* **Work task**
When you reproduce the listing below, keep every entry exactly as written.

* **Data section**
______________________________

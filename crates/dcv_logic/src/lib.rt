//! What formulas of Quantified Discrete-time Duration Calculus mean, over the trees of `dcv_syntax`: the value of a
//! proposition at an instant, satisfaction of a formula on an interval, and the behaviours that model a file
//! (after Pandya, "Specifying and Deciding Quantified Discrete-time Duration Calculus Formulae using DCVALID", 2001).
//!
//! `specs/Lib` names the definitions, which speak of plain trees (`dcv_syntax`'s `Plain`). `laws` has each definition by
//! a search again in words, as laws.
#![tactic(auto)]

pub mod laws;
mod macros;

pub use macros::newest;
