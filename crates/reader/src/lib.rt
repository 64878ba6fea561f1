// A walker over the entries: a struct that borrows the directory and knows where in it it stands. Each function over it is kept thin: it takes
// the struct apart and leaves the work to a function on the slice. `row` stands above them with plain parameters, for every other caller.
#![tactic(auto)]

ghost use Rattle.std.specs.Prelude.{◌≡◌};
ghost use Rattle.meaning.specs.Sound.{fault};
ghost use Rattle.reader.specs.Read.{Answers, read_at, place_after, opened, moved_by, row_at};

use cursor::{Cursor, Seen};
use directory::sound;

// The directory, a place in it (a segment and a slot), and the number of the directory's fault, 0 for none. A number, since `opened` in
// specs/Read.antt says so of a reader before all entries (docs/CONTRACTS.md).
#[derive(Clone, Copy)]
pub struct Reader<'a> {
    pub words: &'a [u16],
    pub cursor: Cursor,
    pub number: u16,
}

// What is read: an entry, that there is no more, or the number of the directory's fault. A type of its own, since the manual names its three
// cases (docs/MANUAL.md, "The reader").
#[derive(Clone, Copy)]
pub enum Read {
    Entry(Seen),
    End,
    Refused(u16),
}

// What stands at a place. A refused reader has nothing to read, whatever its place.
fn read_at(words: &[u16], place: Cursor, number: u16) -> Read
    ensures { Answers result number (read_at words.now place number) }
{
    if number != 0 {
        return Read::Refused(number);
    }
    match cursor::step_from(words, place) {
        Some((seen, _)) => Read::Entry(seen),
        None => Read::End,
    }
}

// The place so many entries further on. At the end there is no further, and a refused reader stays: the chain of an unsound
// directory may loop.
fn skip(words: &[u16], place: Cursor, number: u16, count: usize) -> Cursor
    ensures { result ≡ place_after words.now place number count }
{
    if number != 0 {
        return place;
    }
    let mut here = place;
    for _ in 0..count {
        let Some((_, past)) = cursor::step_from(words, here) else {
            return here;
        };
        here = past;
    }
    here
}

// A reader before all entries. On an unsound directory it is made refused, with the fault's number.
pub fn open<'a>(words: &'a [u16], v: usize) -> Reader<'a>
    ensures { result ≡ opened words.entry v }
{
    Reader {
        words,
        cursor: cursor::start(words),
        number: sound::fault_of(words, v),
    }
}

// What the reader reads next. It stays where it is: `moved` takes it on.
pub fn next<'a>(reader: Reader<'a>) -> Read
    ensures { Answers result reader.entry.number
        (read_at reader.entry.words.now reader.entry.cursor reader.entry.number) }
{
    read_at(reader.words, reader.cursor, reader.number)
}

// The reader so many entries further on.
pub fn moved<'a>(reader: Reader<'a>, count: usize) -> Reader<'a>
    ensures { result ≡ moved_by reader.entry count }
{
    Reader {
        words: reader.words,
        cursor: skip(reader.words, reader.cursor, reader.number, count),
        number: reader.number,
    }
}

// The entry that so many others precede in chain order, or the end; of an unsound directory the fault's number.
pub fn row(words: &[u16], v: usize, count: usize) -> Read
    ensures { Answers result (fault v words.now) (row_at v words.now count) }
{
    next(moved(open(words, v), count))
}
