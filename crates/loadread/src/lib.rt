// The reader of absolute load files (document 02, Req 10). A whole stream is read twice: first it is checked, and nothing is stored; then, where it is
// accepted, its data are stored.
#![tactic(auto)]

ghost use Rattle.std.specs.Prelude.{◌≡◌};
ghost use Rattle.loads.specs.Memory.{limit};
ghost use Rattle.loads.specs.Reading.{answer_of, stored_by, read_from, fill_from, load_answer, load_memory};
ghost use Rattle.loadread.specs.Heads.{head_part, HasHead, Storable};

use loads::blocks::{part_of, right_block};
use loads::memory::{put_bytes, size_of};
use loads::{Fault, Loaded, Part};

fn answer_of(part: Part) -> Loaded
    ensures { result ≡ answer_of part }
{
    match part {
        Part::Gap | Part::Block(_, _) => Loaded {
            number: Fault::Short.number(),
            transfer: 0,
        },
        Part::End(transfer) => Loaded {
            number: 0,
            transfer,
        },
        Part::Refused(number) => Loaded {
            number,
            transfer: 0,
        },
    }
}

// Checks a load file: the answer over a memory of so many bytes, which is not looked at.
#[tactic(auto, using(crate::proofs::Known::check_begins, crate::proofs::Known::check_passes, crate::proofs::Known::check_goes, crate::proofs::Known::check_ends))]
pub fn check(stream: &[u8], size: usize) -> Loaded
    ensures { result ≡ read_from size 0 stream.now }
{
    let mut rest = stream;
    let mut part = part_of(stream, size);
    while let Some(length) = part.length() {
        rest = &rest[length..];
        part = part_of(rest, size);
    }
    answer_of(part)
}

// What a stream goes on with that is known to be accepted, by the header alone.
#[tactic(auto, using(crate::proofs::Known::head_gap, crate::proofs::Known::head_block))]
fn head_part(rest: &[u8]) -> Part
    requires { HasHead rest.now }
    ensures { result ≡ head_part rest.now }
{
    if rest[0] == 0 {
        return Part::Gap;
    }
    right_block(rest)
}

// The data of a block, which `rest` begins with, stored; another part has none.
#[tactic(auto, using(crate::proofs::Known::block_stored))]
fn put_part(part: Part, rest: &[u8], words: &mut [u16])
    requires { Storable part rest.now words.old }
    ensures { words.new ≡ stored_by part rest.now words.old }
{
    if let Part::Block(address, count) = part {
        put_bytes(words, address as usize, &rest[6..6 + count as usize]);
    }
}

// The data of all blocks of a stream that is accepted.
#[tactic(auto, using(crate::proofs::Known::store_begins, crate::proofs::Known::store_has, crate::proofs::Known::store_passes, crate::proofs::Known::store_head, crate::proofs::Known::store_goes, crate::proofs::Known::store_ends, crate::proofs::Known::has_head), unfolding(loads::specs::Reading::load_answer))]
fn store(stream: &[u8], words: &mut [u16])
    requires { (load_answer stream.now words.old).number ≡ 0 }
    ensures { words.new ≡ fill_from (limit words.old) 0 stream.now words.old }
{
    let mut rest = stream;
    let mut part = head_part(stream);
    while let Some(length) = part.length() {
        put_part(part, rest, words);
        rest = &rest[length..];
        part = head_part(rest);
    }
}

// Reads a load file into the memory: 0 and the transfer address, or the number of the refusal and nothing changed.
#[tactic(auto, using(crate::proofs::Known::load_answers, crate::proofs::Known::load_refused, crate::proofs::Known::load_stored))]
pub fn load(stream: &[u8], words: &mut [u16]) -> Loaded
    ensures { (result ≡ load_answer stream.now words.old)
        × (words.new ≡ load_memory stream.now words.old) }
{
    let answer = check(stream, size_of(words));
    if answer.number == 0 {
        store(stream, words);
    }
    answer
}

______________________________

* **Result**
filename crates/dcv_logic/src/lib.rt
//! What formulas of Quantified Discrete-time Duration Calculus mean, over the trees of `dcv_syntax`: the value of a
//! proposition at an instant, satisfaction of a formula on an interval, and the behaviours that model a file
//! (after Pandya, "Specifying and Deciding Quantified Discrete-time Duration Calculus Formulae using DCVALID", 2001).
//!
//! `specs/Lib` names the definitions, which speak of plain trees (`dcv_syntax`'s `Plain`). `laws` has each definition by
//! a search again in words, as laws.
#![tactic(auto)]

pub mod laws;
mod macros;

pub use macros::newest;
filename crates/reader/src/lib.rt
repository 64878ba6fea561f1
// A walker over the entries: a struct that borrows the directory and knows where in it it stands. Each function over it is kept thin: it takes
// the struct apart and leaves the work to a function on the slice. `row` stands above them with plain parameters, for every other caller.
#![tactic(auto)]

ghost use Rattle.std.specs.Prelude.{◌≡◌};
ghost use Rattle.meaning.specs.Sound.{fault};
ghost use Rattle.reader.specs.Read.{Answers, read_at, place_after, opened, moved_by, row_at};

use cursor::{Cursor, Seen};
use directory::sound;

// The directory, a place in it (a segment and a slot), and the number of the directory's fault, 0 for none. A number, since `opened` in
// specs/Read.antt says so of a reader before all entries (docs/CONTRACTS.md).
#[derive(Clone, Copy)]
pub struct Reader<'a> {
    pub words: &'a [u16],
    pub cursor: Cursor,
    pub number: u16,
}

// What is read: an entry, that there is no more, or the number of the directory's fault. A type of its own, since the manual names its three
// cases (docs/MANUAL.md, "The reader").
#[derive(Clone, Copy)]
pub enum Read {
    Entry(Seen),
    End,
    Refused(u16),
}

// What stands at a place. A refused reader has nothing to read, whatever its place.
fn read_at(words: &[u16], place: Cursor, number: u16) -> Read
    ensures { Answers result number (read_at words.now place number) }
{
    if number != 0 {
        return Read::Refused(number);
    }
    match cursor::step_from(words, place) {
        Some((seen, _)) => Read::Entry(seen),
        None => Read::End,
    }
}

// The place so many entries further on. At the end there is no further, and a refused reader stays: the chain of an unsound
// directory may loop.
fn skip(words: &[u16], place: Cursor, number: u16, count: usize) -> Cursor
    ensures { result ≡ place_after words.now place number count }
{
    if number != 0 {
        return place;
    }
    let mut here = place;
    for _ in 0..count {
        let Some((_, past)) = cursor::step_from(words, here) else {
            return here;
        };
        here = past;
    }
    here
}

// A reader before all entries. On an unsound directory it is made refused, with the fault's number.
pub fn open<'a>(words: &'a [u16], v: usize) -> Reader<'a>
    ensures { result ≡ opened words.entry v }
{
    Reader {
        words,
        cursor: cursor::start(words),
        number: sound::fault_of(words, v),
    }
}

// What the reader reads next. It stays where it is: `moved` takes it on.
pub fn next<'a>(reader: Reader<'a>) -> Read
    ensures { Answers result reader.entry.number
        (read_at reader.entry.words.now reader.entry.cursor reader.entry.number) }
{
    read_at(reader.words, reader.cursor, reader.number)
}

// The reader so many entries further on.
pub fn moved<'a>(reader: Reader<'a>, count: usize) -> Reader<'a>
    ensures { result ≡ moved_by reader.entry count }
{
    Reader {
        words: reader.words,
        cursor: skip(reader.words, reader.cursor, reader.number, count),
        number: reader.number,
    }
}

// The entry that so many others precede in chain order, or the end; of an unsound directory the fault's number.
pub fn row(words: &[u16], v: usize, count: usize) -> Read
    ensures { Answers result (fault v words.now) (row_at v words.now count) }
{
    next(moved(open(words, v), count))
}
filename crates/loadread/src/lib.rt
// The reader of absolute load files (document 02, Req 10). A whole stream is read twice: first it is checked, and nothing is stored; then, where it is
// accepted, its data are stored.
#![tactic(auto)]

ghost use Rattle.std.specs.Prelude.{◌≡◌};
ghost use Rattle.loads.specs.Memory.{limit};
ghost use Rattle.loads.specs.Reading.{answer_of, stored_by, read_from, fill_from, load_answer, load_memory};
ghost use Rattle.loadread.specs.Heads.{head_part, HasHead, Storable};

use loads::blocks::{part_of, right_block};
use loads::memory::{put_bytes, size_of};
use loads::{Fault, Loaded, Part};

fn answer_of(part: Part) -> Loaded
    ensures { result ≡ answer_of part }
{
    match part {
        Part::Gap | Part::Block(_, _) => Loaded {
            number: Fault::Short.number(),
            transfer: 0,
        },
        Part::End(transfer) => Loaded {
            number: 0,
            transfer,
        },
        Part::Refused(number) => Loaded {
            number,
            transfer: 0,
        },
    }
}

// Checks a load file: the answer over a memory of so many bytes, which is not looked at.
#[tactic(auto, using(crate::proofs::Known::check_begins, crate::proofs::Known::check_passes, crate::proofs::Known::check_goes, crate::proofs::Known::check_ends))]
pub fn check(stream: &[u8], size: usize) -> Loaded
    ensures { result ≡ read_from size 0 stream.now }
{
    let mut rest = stream;
    let mut part = part_of(stream, size);
    while let Some(length) = part.length() {
        rest = &rest[length..];
        part = part_of(rest, size);
    }
    answer_of(part)
}

// What a stream goes on with that is known to be accepted, by the header alone.
#[tactic(auto, using(crate::proofs::Known::head_gap, crate::proofs::Known::head_block))]
fn head_part(rest: &[u8]) -> Part
    requires { HasHead rest.now }
    ensures { result ≡ head_part rest.now }
{
    if rest[0] == 0 {
        return Part::Gap;
    }
    right_block(rest)
}

// The data of a block, which `rest` begins with, stored; another part has none.
#[tactic(auto, using(crate::proofs::Known::block_stored))]
fn put_part(part: Part, rest: &[u8], words: &mut [u16])
    requires { Storable part rest.now words.old }
    ensures { words.new ≡ stored_by part rest.now words.old }
{
    if let Part::Block(address, count) = part {
        put_bytes(words, address as usize, &rest[6..6 + count as usize]);
    }
}

// The data of all blocks of a stream that is accepted.
#[tactic(auto, using(crate::proofs::Known::store_begins, crate::proofs::Known::store_has, crate::proofs::Known::store_passes, crate::proofs::Known::store_head, crate::proofs::Known::store_goes, crate::proofs::Known::store_ends, crate::proofs::Known::has_head), unfolding(loads::specs::Reading::load_answer))]
fn store(stream: &[u8], words: &mut [u16])
    requires { (load_answer stream.now words.old).number ≡ 0 }
    ensures { words.new ≡ fill_from (limit words.old) 0 stream.now words.old }
{
    let mut rest = stream;
    let mut part = head_part(stream);
    while let Some(length) = part.length() {
        put_part(part, rest, words);
        rest = &rest[length..];
        part = head_part(rest);
    }
}

// Reads a load file into the memory: 0 and the transfer address, or the number of the refusal and nothing changed.
#[tactic(auto, using(crate::proofs::Known::load_answers, crate::proofs::Known::load_refused, crate::proofs::Known::load_stored))]
pub fn load(stream: &[u8], words: &mut [u16]) -> Loaded
    ensures { (result ≡ load_answer stream.now words.old)
        × (words.new ≡ load_memory stream.now words.old) }
{
    let answer = check(stream, size_of(words));
    if answer.number == 0 {
        store(stream, words);
    }
    answer
}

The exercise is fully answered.